I did see the midget machine setup on the recommended link.  I would like to see an original product lineup showing attachments and jigs but it may be long gone or just packed away.  There is not much room for turning but probably enough for a pen.  The tailstock pin is fixed and makes a lot of racket unless lubed.  I  would like to find someone who has successfully modified one of these to a "live" one.


----------



## PTsideshow (Oct 8, 2012)

With out an up close and personal, look see it will be hard to tell if and what can be done.
Back in the day late 60's we used white lead mixed with machine oil as a lube on the tail stock centers in the metal lathes. Had to constantly adding lube to the point area.
You probably will need a live center that has the long rod on it's holder, like the one in the photo's and then see how it works Rick or one of the other practicing machinists on this forum might be able to come up with a doable solution.
:clown:


----------



## RayH (Oct 8, 2012)

Thank you PT.  Live center is probably my primary goal.  I know a gentleman who is fortunate enough to live on a rural airstrip who has a pole-barn style garage that contains 4 very old airplanes (My garage has 2 very old cars that are waiting for my repairs but I'm not goin there right now!).  He said of one of these beautifully restored planes that there are only 8 left in the country, a very close-knit users group to be sure.  I may need to go down a similar road to figure out this rig.  Even if I do not find the end of that road, the 3" saw is a gem and worth using and caring for this machine.  I would like to learn machining and woodworking but this lifetime seems very short and it's speeding up faster every day (I must be pretty busy).


----------



## asyler (Oct 9, 2012)

ray, welcome ,, what a great piece of equipment..


----------



## Jjartwood (Oct 12, 2012)

Hi Ray,welcome.
Ray, count your fingers,I'm sure in the day that was one sweet piece of machinery but
for the expense and aggravation you may want to consider a low end "starter lathe"
From the pictures I see only one speed and I'll bet it's fast!
That way you can have the best of both worlds,make your pens and have the time to figure out the vintage lathe.
Just a thought


----------



## LagniappeRob (Oct 12, 2012)

Someone has to do it...

What's a "Yout"?


----------



## PTsideshow (Oct 12, 2012)

LagniappeRob said:


> What's a "Yout"?


I believe that is New Jersing for youth as in some movie from a couple years ago! 
:clown:


----------



## RayH (Oct 13, 2012)

"Yout" is shorthand for "Youth" in the Chicago, Illinois area.

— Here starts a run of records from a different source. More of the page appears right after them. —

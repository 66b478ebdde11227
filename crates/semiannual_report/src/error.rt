use fact_kinds::Memory;
use ldar_days::Day;

/// The reason why no report was made.
#[derive(Clone, Copy, Debug, PartialEq, Eq)]
pub enum ReportError {
    /// The half does not exist, or begins after the day of the view. `first` is its first day; for half 0, that of half 1.
    NoHalf { first: Day },
    Memory,
}

impl From<Memory> for ReportError {
    ghost use Rattle.std.specs.Prelude.{◌≡◌};
    ghost use Rattle.semiannual_report.specs.declared.error.ReportError.TheVariants.{Memory};

    ghost from_gives = { λ _ e. e ≡ Memory };

    fn from(_e: Memory) -> ReportError {
        ReportError::Memory
    }
}
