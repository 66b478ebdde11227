use crate::equipment::Equipment;
use crate::event::Event;
use crate::items::Items;

/// A component as facts enter it, and what happened at it: its judged events, in key order.
#[derive(Drop)]
pub struct History {
    pub equipment: Equipment,
    pub events: Items<Event>,
}
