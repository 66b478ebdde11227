//! The rules of the leak detection and repair program as definitions: what the facts of a history mean on a view day,
//! and the types for it.
//!
//! Tests: `examples` here, `rule_tests::classes`, `register_tests::tallies`.
#![tactic(auto)]

mod asked;
mod causes;
mod class_in_force;
mod delay;
mod duty;
mod election;
mod equipment;
mod event;
pub mod examples;
mod fitness;
mod grounds;
mod happening;
mod history;
mod items;
mod key_order;
pub mod laws;
mod leak_definition;
mod months;
mod numbers;
mod of_unit;
mod paragraphs;
mod quarter;
mod regime;
mod reply;
mod report;
mod request;
mod route;
mod service;
mod sheet;
mod sorts;
mod span;
mod suiting;
mod tag;
mod tally;
mod text;
mod unit_entry;
mod verdict;

pub use asked::{component_asked, is_registered, unit_asked};
pub use causes::{
    CAUSE_DRIP, CAUSE_EVIDENCE, CAUSE_FIRST, CAUSE_MONTHLY, CAUSE_PLAN, CAUSE_QUARTERLY,
    CAUSE_RELEASE, CAUSE_WEEKLY, CAUSE_YEARLY,
};
pub use class_in_force::{ClassInForce, entered_from, entered_to, last_entered};
pub use delay::{DelayEntry, DelayLine, Stop, Until, attempt_by, repair_by};
pub use duty::{Duty, is_listed};
pub use election::ElectionEntry;
pub use equipment::Equipment;
pub use event::{Event, Happening};
pub use fitness::Fitness;
pub use grounds::{
    GROUND_DUAL_SEAL, GROUND_ISOLATED, GROUND_PURGING, GROUND_SHUTDOWN, GROUND_STOCK,
    GROUND_WITHDRAWN,
};
pub use happening::has_leak;
pub use history::History;
pub use items::Items;
pub use key_order::are_in_key_order;
pub use leak_definition::limit;
pub use months::is_clean_twice_from;
pub use numbers::{
    ATTEMPT_DAYS, EVENT_DAYS, FIRST_DAYS, GAS_MARGIN, LAST_FACT_DAY, LISTED_DAYS, MOST_COMPONENTS,
    NOTICE_DAYS, REPAIR_DAYS, VERIFICATION_DAYS,
};
pub use of_unit::OfUnit;
pub use paragraphs::paragraph;
pub use quarter::{is_in_quarter, judging_day, month_in_quarter, quarter_start};
pub use regime::Regime;
pub use reply::Reply;
pub use report::{Amended, Cells, Filed, MonthCells, Report};
pub use request::{Request, What};
pub use route::Route;
pub use sheet::Sheet;
pub use sorts::{
    is_compressor, is_difficult_designated, is_nde_designated, is_none_designated, is_pump,
    is_under_300, is_unsafe_designated, is_vacuum, is_valve, is_valve_or_pump,
};
pub use span::Span;
pub use suiting::suits;
pub use tag::Tag;
pub use tally::{Mark, Tally};
pub use text::Text;
pub use unit_entry::UnitEntry;
pub use verdict::Verdict;
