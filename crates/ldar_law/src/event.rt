use fact_kinds::Key;
use ldar_days::Day;

/// An event at a component and its time: a fact of the component, judged on its own day.
#[derive(Clone, Copy, Debug, PartialEq, Eq)]
pub struct Event {
    pub key: Key,
    pub what: Happening,
}

/// What a fact of a component is once it is judged. Concentrations are in parts per million by volume.
#[derive(Clone, Copy, Debug, PartialEq, Eq)]
pub enum Happening {
    /// A reading.
    Read {
        ppm: u32,
        background: u32,
        /// The reading is a routine one, taken for a monitoring period.
        routine: bool,
        /// The reading is fit, not voided, and was taken in service and not in an excluded service.
        counts: bool,
        /// The reading counts and is below the leak definition.
        below: bool,
        /// The reading is a leak (40 CFR 60.482-2a(b)(1), 60.482-7a(b), 60.482-8a(b)).
        leak: bool,
    },
    /// A visual inspection of a pump.
    Look {
        /// Liquid drips, whether designated as a leak or not.
        drips: bool,
        /// The drips are designated as a leak.
        designated: bool,
        /// The drips are a leak (40 CFR 60.482-2a(b)(2)(ii)).
        leak: bool,
    },
    /// An attempt at a repair.
    Attempt {
        complete: bool,
    },
    /// A delay of repair: ground 1 to 5 for (a) to (e) of 40 CFR 60.482-9a, or 0 if it is withdrawn.
    Delay {
        ground: u8,
        /// The person who decided on the delay; 0 for none.
        signer: u16,
        expected: Option<Day>,
    },
    /// A pressure release (40 CFR 60.482-4a(b)).
    Release,
    /// A sensor's indication (40 CFR 60.482-3a(e)).
    Sensor {
        present: bool,
        /// The indication is a leak (40 CFR 60.482-3a(f)).
        leak: bool,
    },
    /// Evidence of a potential leak (40 CFR 60.482-8a(a)).
    Evidence {
        present: bool,
    },
    /// The component is out of service from this day on.
    Retire,
}
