ghost use Rattle.std.specs.Prelude.{◌≡◌};

use std::marker::Model;

/// A list that is part of a larger value. In contracts it is only the list, without the memory reserved for it.
#[derive(Drop)]
pub struct Items<T> {
    items: Vec<T>,
}

impl<T> Model for Items<T> {
    ghost use Rattle.std.specs.Prelude.{List};

    ghost Value = { List T };

    ghost view = { λ l. l.items.items };
}

impl<T> Items<T> {
    /// A list of these items. Allocates nothing.
    pub fn new(items: Vec<T>) -> Items<T>
        ensures value { result ≡ items.items }
    {
        Items { items }
    }

    /// The items, in order.
    pub fn as_slice(&self) -> &[T]
        ensures value { result.now ≡ self.now }
    {
        self.items.as_slice()
    }

    /// Returns the items as a vector. Allocates nothing.
    pub fn into_vec(self) -> Vec<T>
        ensures value { result.items ≡ self }
    {
        self.items
    }
}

I remember my father using it on me when I was quite young with that look on his face, that "hey yout, pay attention to what I'm showin you here so you don't hurt yourself some day" look. I think my grandfather used it on me also but those memories are lost in the mists of time (and the bubbles in many glasses of fine beer - always in moderation, never before noon on Sundays). And never before running machinery!!!


----------